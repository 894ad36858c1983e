//! The requests that may be made of the server beside associations, and its responses. The console
//! and the web front each spell both in their own way.
#![tactic(auto)]

mod identifier;
pub mod laws;
mod request;
mod response;
mod search;
mod spelled_values;

pub use request::Request;
pub use response::{BackupError, Cause, Counted, Counts, Response};
pub use search::{Key, Search, Subject};
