//! Requests to the server.
use crate::search::Search;
use dq_list::Listed;

/// A request to the server.
#[derive(Debug, Drop)]
pub enum Request {
    /// A page of what keys find among what an institution keeps.
    Search(Search),
    /// How much an institution keeps.
    Counts(Listed<u8>),
    /// How much each institution keeps.
    Report,
    /// An entry is to be kept in an institution's worklist (PS3.4 annex K): a data set in Explicit VR Little
    /// Endian.
    Schedule {
        institution: Listed<u8>,
        octets: Listed<u8>,
    },
    /// The entry of an institution's worklist with this Scheduled Procedure Step ID is to be taken away.
    Withdraw {
        institution: Listed<u8>,
        id: Listed<u8>,
    },
    /// All rows are to be copied into a new file at a path.
    Backup(String),
}
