//! The values of a key, each in each of its spellings: records may be in several character sets.
ghost use Rattle.std.specs.Prelude.{◌≡◌, ◌++◌, ◌∷◌, flat_map, IfOk, OnOk};
ghost use Rattle.std.specs.List.{join_with_byte};
ghost use Rattle.dq_request.specs.Searches.{backslash, all_spellings, in_spellings};

use dq_json::spellings;
use dq_list::Listed;
use std::alloc::{AllocError, Global};

/// Adds values, each behind a backslash (PS3.5 section 6.4).
fn put_values(octets: &mut Vec<u8>, values: &[Listed<u8>]) -> Result<(), AllocError>
    ensures { OnOk result (octets.new.items
        ≡ octets.old.items ++ flat_map (λ value. backslash ∷ value) values.now) }
{
    for value in values {
        octets.push(b'\\')?;
        octets.extend_from_slice(value.as_slice())?;
    }
    Ok(())
}

/// Each value of a text in each of its spellings, behind a backslash.
fn put_spellings(alloc: Global, text: &str) -> Result<Vec<u8>, AllocError>
    ensures { IfOk result (λ octets. octets.items
        ≡ flat_map (λ value. backslash ∷ value) (all_spellings text.now)) }
{
    let mut octets = Vec::new(alloc);
    for value in text.split('\\') {
        put_values(&mut octets, spellings(alloc, value)?.as_slice())?;
    }
    Ok(octets)
}

/// Each value of a text in each of its spellings, with a backslash between two.
fn joined_spellings(alloc: Global, text: &str) -> Result<Listed<u8>, AllocError>
    ensures { IfOk result (λ octets. octets ≡ join_with_byte backslash (all_spellings text.now)) }
{
    let octets = put_spellings(alloc, text)?;
    match octets.as_slice().split_first() {
        Some((_, others)) => Listed::copy_of(alloc, others),
        None => Ok(Listed::empty(alloc)),
    }
}

/// The values of a key in each of their spellings. Octets that are not UTF-8 are as they were given.
pub(crate) fn in_spellings(alloc: Global, octets: &[u8]) -> Result<Listed<u8>, AllocError>
    ensures { IfOk result (λ value. value ≡ in_spellings octets.now) }
{
    match str::from_utf8(octets) {
        Ok(text) => joined_spellings(alloc, text),
        Err(_) => Listed::copy_of(alloc, octets),
    }
}
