// What a shelf remembers besides its hosts.
use crate::rows::Table;

// The table of slots, and the three global flags.
#[derive(Clone, Copy)]
pub struct Memory {
    pub table: Table,
    pub flags: [u8; 3],
}
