// Bytes and numbers as the words of a line.
#![tactic(auto)]

pub mod hex;
pub mod number;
☆ ☆ ☆
▸ **YOUR INSTRUCTIONS**:
Which of the lines in the material carry the string "rows"? Pull them out.

▸ **EXERCISE RESULT**:
    /// All rows are to be copied into a new file at a path.
use crate::rows::Table;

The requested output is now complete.